Using the function by itself leads to a lot of points being marked, with many not being super helpful. We can use additional algorithms to trim these points down to find points that more accurately represent correspondence points between the images, as well as indicative features

By using Adaptive Non-Maximal Suppression (ANMS), we can do this process. This algorithm spaces out the points by using nearest neighbors between point distances using the provided dist2 function. The distance between points follow a threshold inequality to find their associated minimum radius between points which can then be sorted

Feature Descriptors and Feature Matching

Every point marked from ANMS is given a 40x40 pixel area around it, labeled as a feature. These areas are then normalized and resized to 8x8. The downsampling allows calculations to be much quicker, even at the cost of accuracy.

These features can then be matched by summing over their squared differences and using nearest-neighbor distance errors.
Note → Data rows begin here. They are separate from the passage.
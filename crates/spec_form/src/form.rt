//! Forms as values.

ghost use Rattle.std.specs.Prelude.{◌≡◌, IfOk};
ghost use Rattle.depot_path.specs.Answers.{Answers};
ghost use Rattle.spec_form.specs.Form.{has_single as single_test, is_value as value_test, lines_of, with_line};
ghost use Rattle.spec_form.specs.Reading.{form_of, no_memory};
ghost use Rattle.spec_form.specs.Printing.{printed_form};

use crate::cut::{cut_at, trim_start};
use crate::fault::{FormFault, FormFaultKind, ValueFault};
use crate::fields::Fields;
use crate::print::print_fields;
use crate::reader::{lacks_required, read_fields};
use crate::shape::{FieldKind, Shape};
use depot_path::{Sequence, Text, is_utf8};
use std::alloc::{AllocError, Global};
use std::marker::Model;

/// A field of a form, as it is read and as contracts see it.
#[derive(Drop)]
pub struct Field {
    /// Its name.
    pub name: Text,
    /// Its lines. A single field has at most one, and that isn't empty.
    pub lines: Sequence<Text>,
}

/// A form of some shape, with its fields in the order in which they were first seen (Helix Core
/// Command-Line Reference, on specs and their forms). Each form that there is prints to a text
/// that reads to the same form.
pub struct Form {
    shape: Shape,
    fields: Fields,
}

impl Drop for Form {
    fn drop(self) {
        let Form {
            shape: _,
            fields: _,
        } = self;
    }
}

impl Model for Form {
    ghost use Rattle.spec_form.specs.Form.{FormValue};

    ghost Value = { FormValue };

    ghost use Rattle.spec_form.specs.Printing.{ReadsBack};

    ghost view = { λ form. record { shape = form.shape; fields = form.fields } };

    ghost invariant = { λ form. ReadsBack (record { shape = form.shape; fields = form.fields }) };
}

/// Whether a single field may have this value: one line of UTF-8 that begins with no blank. The empty
/// line stands for no value.
pub fn is_value(line: &[u8]) -> bool
    ensures { result ≡ value_test line.now }
{
    is_utf8(line) && cut_at(line, b'\n').is_none() && trim_start(line) == line
}

impl Form {
    /// Reads a form of a shape. A fault is the first that a reader from the top meets: first that
    /// the text isn't UTF-8, then the first line that is wrong, then that a field is absent.
    pub fn read(alloc: Global, text: &[u8], shape: Shape) -> Result<Self, FormFault>
        ensures read { Answers no_memory result (form_of shape text.now) }
        ensures shape { IfOk result (λ form. form.shape ≡ shape) }
    {
        if !is_utf8(text) {
            return Err(FormFault::whole(FormFaultKind::NotUtf8));
        }
        let fields = read_fields(alloc, text, shape)?;
        if lacks_required(shape.rows(), &fields) {
            return Err(FormFault::whole(FormFaultKind::Missing));
        }
        Ok(Form { shape, fields })
    }

    /// The text of the form. Reading it gives the form.
    pub fn print(&self, alloc: Global) -> Result<Text, AllocError>
        ensures text { IfOk result (λ text. text ≡ printed_form self.now) }
        ensures reads { IfOk result (λ text. form_of self.now.shape text ≡ Ok self.now) }
    {
        print_fields(alloc, self.shape, &self.fields)
    }

    /// The shape.
    pub fn shape(&self) -> Shape
        ensures { result ≡ self.now.shape }
    {
        self.shape
    }

    /// The fields, in the order in which they were first seen.
    pub fn fields(&self) -> &Fields
        ensures { result.now ≡ self.now.fields }
    {
        &self.fields
    }

    /// The lines of a field, none where it is absent.
    pub fn lines(&self, field: &str) -> &[Text]
        ensures { result.now ≡ lines_of self.now field.now }
    {
        self.fields.lines(field.as_bytes())
    }

    /// Whether the form has a single field of this name.
    fn has_single(&self, name: &[u8]) -> bool
        ensures { result ≡ single_test name.now self.now }
    {
        self.shape.kind(name) == Some(FieldKind::Single) && self.fields.has(name)
    }

    /// The form with this line as the value of a single field that it has, and all else as it was. An
    /// empty line leaves the field without a value.
    ///
    /// It is refused first that the form has no single field of the name, then that the line is no value.
    pub fn with(&self, alloc: Global, field: &str, line: &[u8]) -> Result<Self, ValueFault>
        ensures { Answers ValueFault.Memory result (with_line field.now line.now self.now) }
    {
        let name = field.as_bytes();
        if !self.has_single(name) {
            return Err(ValueFault::NoSingleField);
        }
        if !is_value(line) {
            return Err(ValueFault::NotAValue);
        }
        let fields = self.fields.with(alloc, name, line)?;
        Ok(Form {
            shape: self.shape,
            fields,
        })
    }
}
We can calculate the Lowe score for every feature within the descriptors and compare with a feature from the other image. If the score is lower than a certain threshold, then we consider it to be a matched feature

RANSAC

In the RANSAC algorithm, 4 points are sampled randomly from both the inserted initial points, and the destination points. Their homography is then calculated and we can calculate the warped location of the pixel.

We take the distance between the points and compare it to a threshold to determine if it is an inlier or not. Based on the number of points that follow this inequality, we compare it to the previous largest number of points that followed the threshold, and if it exceeds it, we update the set of points

[Auto]Stitching

Using the steps above from Harris Corners and further, we can create an auto stitching function that follows the sequence of harris corner detection, ANMS, feature descriptors, feature matching, RANSAC, and then using our original blending function taking in the output of RANSAC

This process essentially auto stitches an image together since we do not have to manually select correspondence points, and the feature selection does it for us.

The manual mosaics are on the left, and the auto mosaics are on the right

The first 2 appears extremely comparable among both methods

The last mosaic is immensely better in the auto version, I do not have a clear reason as to why but my assumption is that the auto algorithm manages to pick many more correspondence points for the warping (i.e. individual trees), which allows is to look more accurate, as when I manually selected points, I only selected around 10

Takeaways

Although tedious, reading through the provided paper “Multi-Image Matching using Multi-Scale Oriented Patches” provided a lot of insight on how a computer manages to perceive digital images. The previous projects were mostly processes that were debatably manual, where the this project allowed me to explore methods and algorithms that can automate processes.

The sequence of ANMS -> Feature Descriptors -> Feature Matching was definitely the coolest thing that I learned and experienced this project.